Assignment. Search the entries for the word "only". Copy each line in which it is found.

Data shown.
- - - - -
//! The terminals that two fields of a record name.
ghost use Rattle.std.specs.Prelude.{◌≡◌, true, false, MatchOption};
ghost use Rattle.fp_reader.specs.Faults.{lacks_end};
ghost use Rattle.fp_records_fields.specs.NamedParts.{terminal_in};

use crate::drafts::Draft;
use fp_records::Record;
use fp_records_fields::fields::field_at;

/// Two terminals by their numbers.
#[derive(Clone, Copy)]
pub struct Ends {
    pub from: u32,
    pub to: u32,
}

/// The terminals that two fields name; `None` exactly where one names no earlier terminal.
pub fn ends_of(draft: &Draft<'_>, line: &Record, from: usize, to: usize) -> Option<Ends>
    ensures { MatchOption result (lacks_end draft.now line.now from to ≡ true)
        (λ ends. (lacks_end draft.now line.now from to ≡ false)
        × (ends ≡ record { from = terminal_in draft.now line.now from; to = terminal_in draft.now line.now to })) }
{
    let from = draft.terminal(field_at(line, from))?;
    let to = draft.terminal(field_at(line, to))?;
    Some(Ends { from, to })
}
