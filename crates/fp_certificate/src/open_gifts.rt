//! The last of the lists of gifts that are read: what comes next is its.
ghost use Rattle.std.specs.Prelude.{◌≡◌, ◌<◌, length, OnOk};
ghost use Rattle.fp_certificate.specs.Gifts.{and_gift};
ghost use Rattle.fp_certificate.specs.Tables.{has_gift, with_last};

use crate::NoMemory;
use fp_prices_gifts::{Gift, TableGifts};

/// Whether a gift stands in the last table.
pub fn has_gift(gifts: &[TableGifts]) -> bool
    ensures { result ≡ has_gift gifts.now }
{
    match gifts.last() {
        Some(beside) => !beside.gifts.is_empty(),
        None => false,
    }
}

/// Adds a gift to the last list of gifts. The only error is `NoMemory`.
pub fn push_gift(gifts: &mut [TableGifts], gift: Gift) -> Result<(), NoMemory>
    requires { 0 < length gifts.old }
    ensures { OnOk result (gifts.new ≡ with_last (and_gift gift) gifts.old) }
{
    let last = gifts.len() - 1;
    let beside = &mut gifts[last];
    beside.gifts.push(gift)?;
    Ok(())
}
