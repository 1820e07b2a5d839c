//! The faults that a record may have, and their codes.
ghost use Rattle.std.specs.Prelude.{◌≡◌};
ghost use Rattle.fp_reader.specs.Codes.{code_of};

/// A fault of one record. Of several, the one with the least code is told.
#[derive(Clone, Copy)]
pub enum RecordFault {
    /// The first field is no kind of record.
    Kind,
    /// The number of fields is none of those of the kind.
    Fields,
    /// A name field breaks the limit on names.
    Name,
    /// A number field is empty, or holds a byte that is no digit.
    Digits,
    /// A number is outside its limits.
    Range,
    /// An earlier terminal, or for a shipment an earlier shipment, has the name.
    NameTaken,
    /// An end is no earlier terminal.
    NoTerminal,
    /// Both ends are one terminal.
    SameEnds,
    /// An earlier arc has the same ends in the same order.
    ArcTaken,
    /// The due time is before the release time.
    DueBeforeRelease,
    /// There are as many of the kind as there may be.
    TooMany,
}

impl RecordFault {
    /// The code of the fault, from 1 to 11.
    pub fn code(self) -> u32
        ensures { result ≡ code_of self }
    {
        match self {
            RecordFault::Kind => 1,
            RecordFault::Fields => 2,
            RecordFault::Name => 3,
            RecordFault::Digits => 4,
            RecordFault::Range => 5,
            RecordFault::NameTaken => 6,
            RecordFault::NoTerminal => 7,
            RecordFault::SameEnds => 8,
            RecordFault::ArcTaken => 9,
            RecordFault::DueBeforeRelease => 10,
            RecordFault::TooMany => 11,
        }
    }
}
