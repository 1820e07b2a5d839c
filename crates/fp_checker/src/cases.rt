//! A certificate under test.
use fp_certificate_lines::Certificate;
use fp_flatnet::Windows;
use fp_model::Instance;
use std::marker::Model;

/// A certificate, with the instance and the windows that it is tested against: the windows belong to
/// the instance, and the certificate is in range. Contracts see the three as one record.
#[derive(Drop)]
pub(crate) struct Case<'a> {
    pub(crate) instance: &'a Instance,
    pub(crate) windows: &'a Windows,
    pub(crate) certificate: &'a Certificate,
}

impl<'a> Model for Case<'a> {
    ghost use Rattle.fp_checker.specs.Cases.{Tested, IsTestable};

    ghost Value = { Tested };

    ghost view = { λ c. record { problem = c.instance.now; windows = c.windows.now; told = c.certificate.now } };

    ghost invariant = { λ c. IsTestable (record { problem = c.instance.now; windows = c.windows.now; told = c.certificate.now }) };
}
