//! The groups of the last span that is read: what comes next is theirs.
ghost use Rattle.std.specs.Prelude.{◌≡◌, ◌<◌, length, OnOk, true};
ghost use Rattle.fp_certificate.specs.Tables.{and_group, and_last_group, has_group, has_span, is_grouped, last_is, with_last};

use crate::NoMemory;
use fp_prices_spans::{Span, TableSpans};

// Whether the last of some spans has a group.
fn ends_grouped(spans: &[Span]) -> bool
    ensures { result ≡ last_is is_grouped spans.now }
{
    match spans.last() {
        Some(span) => !span.groups.is_empty(),
        None => false,
    }
}

/// Whether the last span of the last table has a group.
pub fn has_group(spans: &[TableSpans]) -> bool
    ensures { result ≡ has_group spans.now }
{
    match spans.last() {
        Some(beside) => ends_grouped(&beside.spans),
        None => false,
    }
}

// Adds a group to the last of some spans. The only error is `NoMemory`.
fn push_to_last(spans: &mut [Span], moment: u32) -> Result<(), NoMemory>
    requires { 0 < length spans.old }
    ensures { OnOk result (spans.new ≡ with_last (and_group moment) spans.old) }
{
    let last = spans.len() - 1;
    let span = &mut spans[last];
    span.groups.push(moment)?;
    Ok(())
}

// Adds a group to the last span beside a table. The only error is `NoMemory`.
fn push_group_beside(beside: &mut TableSpans, moment: u32) -> Result<(), NoMemory>
    requires { 0 < length beside.old }
    ensures { OnOk result (beside.new ≡ with_last (and_group moment) beside.old) }
{
    push_to_last(&mut beside.spans, moment)
}

/// Adds a group, which begins at the moment, to the last span of the last table. The only error is
/// `NoMemory`.
pub fn push_group(spans: &mut [TableSpans], moment: u32) -> Result<(), NoMemory>
    requires { has_span spans.old ≡ true }
    ensures { OnOk result (spans.new ≡ and_last_group moment spans.old) }
{
    let last = spans.len() - 1;
    push_group_beside(&mut spans[last], moment)
}
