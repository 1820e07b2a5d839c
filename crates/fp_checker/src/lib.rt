//! Tests a certificate: whether what it tells makes its claim true for an instance and its
//! windows.
//!
//! The problem is that of Boland, Hewitt, Marshall and Savelsbergh, "The Continuous-Time Service
//! Network Design Problem", Operations Research 65, 2017. Certificates are this project's own.
#![tactic(auto)]

mod cases;
mod checks;
mod rejections;
mod rules;

pub use checks::{check, plan_of};
pub use rejections::Rejected;

/// The error of a call that finds no memory.
pub type NoMemory = std::alloc::AllocError;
- - - - -
Result below.
/// Adds a gift to the last list of gifts. The only error is `NoMemory`.
// Adds a group to the last of some spans. The only error is `NoMemory`.
// Adds a group to the last span beside a table. The only error is `NoMemory`.
/// Adds a group, which begins at the moment, to the last span of the last table. The only error is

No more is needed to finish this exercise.